И все же хорошо едят на крымском побережье! Сего­дня, например, у Бредихиных на обед будет суп из кра­бов с кореньями, а на второе — плов из мидий с лавро­вым листом и перцем. Изысканность этого меню объяс­нялась тем, что мясо на базаре стоило два рубля нико­лаевскими деньгами, а крабы и мидии Леська добывал сам.

Сегодня, как и в любое воскресенье, когда не надо было идти в гимназию, Леська выбежал из хаты ни свет ни заря. Дедушка в сарае вывешивал для вяления ке­фаль, а бабушка стирала белье в огромной лохани, и руки ее тонули в разноцветных пузырях.

Леська босиком побежал к сараю: там у стены врыт столб, на котором висел мешок тяжелого мор­ского песка. Елисей остановился перед ним в боксер­ской стойке и пять минут осыпал его тяжелыми уда­рами.

Потом Леська побежал к пляжу. Пузатая плоскодонка ждала его на берегу напряженно, как собака. Юноша бросил в нее весла и взглянул на далекий Чатыр-Даг. Мир был объят синевой: вода, горы, небо.

Леська закатал штаны до колен и сдвинул плечом шаланду в море.

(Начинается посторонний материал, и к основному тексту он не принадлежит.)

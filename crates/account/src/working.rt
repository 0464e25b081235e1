// The work on zones all of which count: their local numerators, the sums over their pairs, and all sums.
ghost use Rattle.std.specs.Prelude.{◌≡◌, [], ◌∷◌, ◌++◌, ◌≤◌, pos, length, sum};
ghost use Rattle.account.specs.Answers.{listed, zones_figures};
ghost use Rattle.account.specs.Steps.{Weighted, zones_locals};

use crate::lists::{JobLists, Summed, Weighed};
use crate::{Sums, deviations, differences};

// W, of up to 64 × 64 weights: without a sign, since for a signed sum at the end of a chain the check finds no bound.
fn weight_sum(weights: &[u8]) -> u32
    requires { length weights.now ≤ 4096 }
    ensures { result ≡ sum weights.now }
{
    weights.iter().map(|weight| u32::from(*weight)).sum()
}

// The local numerators of n zones, from their values with S and the weights between them.
pub(super) fn zone_locals(summed: &Summed, weights: &[u8], locals: &mut [i64])
    requires weighted { Weighted weights.now summed.now.list.n }
    requires locals_len { length locals.old ≡ summed.now.list.n }
    ensures { locals.new ≡ zones_locals summed.now.list.n summed.now.list.values.now weights.now }
{
    let n = summed.list.n;
    let mut d: [i64; 64] = [0; 64];
    deviations::deviations(summed, &mut d[..n]);
    let weighed = Weighed {
        n,
        weights,
        d: &d[..n],
    };
    deviations::local_numerators(&weighed, locals);
}

// The sums of n zones, with their local numerators in `locals`; so many values of the whole job are not returned.
pub(super) fn zone_sums(job: &JobLists, missing: usize, locals: &mut [i64]) -> Sums
    requires { length locals.old ≡ job.now.n }
    ensures result_value { listed result
        ≡ zones_figures job.now.n job.now.values.now job.now.weights.now ++ (pos missing ∷ []) }
    ensures locals_after { locals.new ≡ zones_locals job.now.n job.now.values.now job.now.weights.now }
{
    let JobLists { n, weights, .. } = *job;
    let summed = job.summed();
    let spread = differences::spread(&summed);
    zone_locals(&summed, weights, locals);
    let cross = deviations::sum_of(locals);
    let weight = i64::from(weight_sum(weights));
    let squares = differences::squares(job);
    Sums {
        total: summed.total,
        spread,
        weight,
        cross,
        squares,
        kept: n,
        missing,
    }
}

Неуклюжая, некрашеная, грубо смолен­ная шаланда, почуя волну, сразу же стала плавной и пол­ной своеобразной прелести. Леська захлюпал по весен­ней воде, прянул животом на борт, перекинулся на банку и взялся за весла. Греб он быстро. Шаланда летела, как шлюпка военного корабля. Во всяком случае, так Леське казалось.

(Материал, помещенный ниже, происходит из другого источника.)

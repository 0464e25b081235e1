// Lists that go together, with the facts that were found of them, by the judges or where they were worked. Where n stands beside its
// lists, every clause says by it what is worked: by the length of one of them each would be longer.
ghost use Rattle.std.specs.Prelude.{◌≡◌, false, ◌*◌, ◌+◌, ◌≤◌, ◌<◌, length, get_or, take, drop};
ghost use Rattle.whole.specs.Order.{lacks};
ghost use Rattle.whole.specs.Table.{table, at};
ghost use Rattle.shuffles.specs.Steps.{Shuffles};
ghost use Rattle.account.specs.Measures.{total_of, deviation_of};
ghost use Rattle.account.specs.Steps.{Sized, Valued, Weighted, Job, Lent, ClassJob, Desked};

use crate::deviations;

// The values of n zones.
#[derive(Clone, Copy)]
pub(super) struct ZoneValues<'a> {
    pub(super) n: usize,
    pub(super) values: &'a [i32],
    ghost valued: { Valued values.now n },
}

// The same with S, which is worked once.
#[derive(Clone, Copy)]
pub(super) struct Summed<'a> {
    pub(super) list: ZoneValues<'a>,
    pub(super) total: i64,
    ghost summed: { total ≡ total_of (at list.values.now) list.n },
}

// The lists of a job as they were lent: a value may be one that is not returned.
#[derive(Clone, Copy)]
pub(super) struct LentLists<'a> {
    pub(super) n: usize,
    pub(super) values: &'a [i32],
    pub(super) weights: &'a [u8],
    ghost good: { Lent values.now weights.now n },
}

// A job of n zones.
#[derive(Clone, Copy)]
pub(super) struct JobLists<'a> {
    pub(super) n: usize,
    pub(super) values: &'a [i32],
    pub(super) weights: &'a [u8],
    ghost good: { Job values.now weights.now n },
}

impl JobLists<'_> {
    // Its values with their S.
    pub(super) fn summed(&self) -> Summed<'_>
        ensures n_value { result.list.n ≡ self.now.n }
        ensures values_value { result.list.values.now ≡ self.now.values.now }
    {
        let list = ZoneValues {
            n: self.n,
            values: self.values,
        };
        let total = deviations::total(&list);
        Summed { list, total }
    }
}

// A job with the classes of its pairs.
#[derive(Clone, Copy)]
pub(super) struct ClassLists<'a> {
    pub(super) job: JobLists<'a>,
    pub(super) classes: &'a [u8],
    ghost good: { ClassJob job.values.now job.weights.now classes.now job.n },
}

// The same with the deviations, which are worked once.
#[derive(Clone, Copy)]
pub(super) struct ClassDeviations<'a> {
    pub(super) lists: ClassLists<'a>,
    pub(super) d: &'a [i64],
    ghost worked: { d.now ≡ table (deviation_of (at lists.job.values.now) lists.job.n) lists.job.n },
}

// The deviations of n zones, and the weights between them.
#[derive(Clone, Copy)]
pub(super) struct Weighed<'a> {
    pub(super) n: usize,
    pub(super) weights: &'a [u8],
    pub(super) d: &'a [i64],
    ghost weighted: { Weighted weights.now n },
    ghost sized: { Sized 12800000 d.now n },
}

// One shuffle: each number of the zones stands in it.
#[derive(Clone, Copy)]
pub(super) struct ShuffleRow<'a> {
    pub(super) zones: &'a [u8],
    ghost few: { length zones.now ≤ 64 },
    ghost full: { lacks (λ i. get_or zones.now i 0) (length zones.now) ≡ false },
}

// A list of shuffles, so many rows of n, with the desk number of each.
#[derive(Clone, Copy)]
pub(super) struct ShuffleRows<'a> {
    pub(super) n: usize,
    pub(super) shuffles: &'a [u8],
    pub(super) desks: &'a [u8],
    pub(super) rows: usize,
    ghost good: { Shuffles shuffles.now n rows },
    ghost desked: { Desked desks.now rows },
}

impl ShuffleRows<'_> {
    // Shuffle r.
    pub(super) fn shuffle(&self, r: usize) -> ShuffleRow<'_>
        requires { r < self.now.rows }
        ensures { result.zones.now ≡ take self.now.n (drop (r * self.now.n) self.now.shuffles.now) }
    {
        ShuffleRow {
            zones: row(self.shuffles, self.n, r),
        }
    }
}

// Row r of a list that has rows of n one after another.
pub(super) fn row(list: &[u8], n: usize, r: usize) -> &[u8]
    requires { r * n + n ≤ length list.now }
    ensures { result.now ≡ take n (drop (r * n) list.now) }
{
    let first = r * n;
    &list[first..first + n]
}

Что у него сейчас на душе? Такое замечательное? Вдохновенное такое? Гульнара! Он не смел себе в этом признаться: ведь она всего-навсего в четвертом классе, а он — в седьмом. Есть между ними и другая пропасть, но о ней Леська почему-то не думал. А думать надо было. Гульнара — дочь уездного предводителя дворянства Сеид-бея Булатова, а Леська — сирота, внук простого рыбака.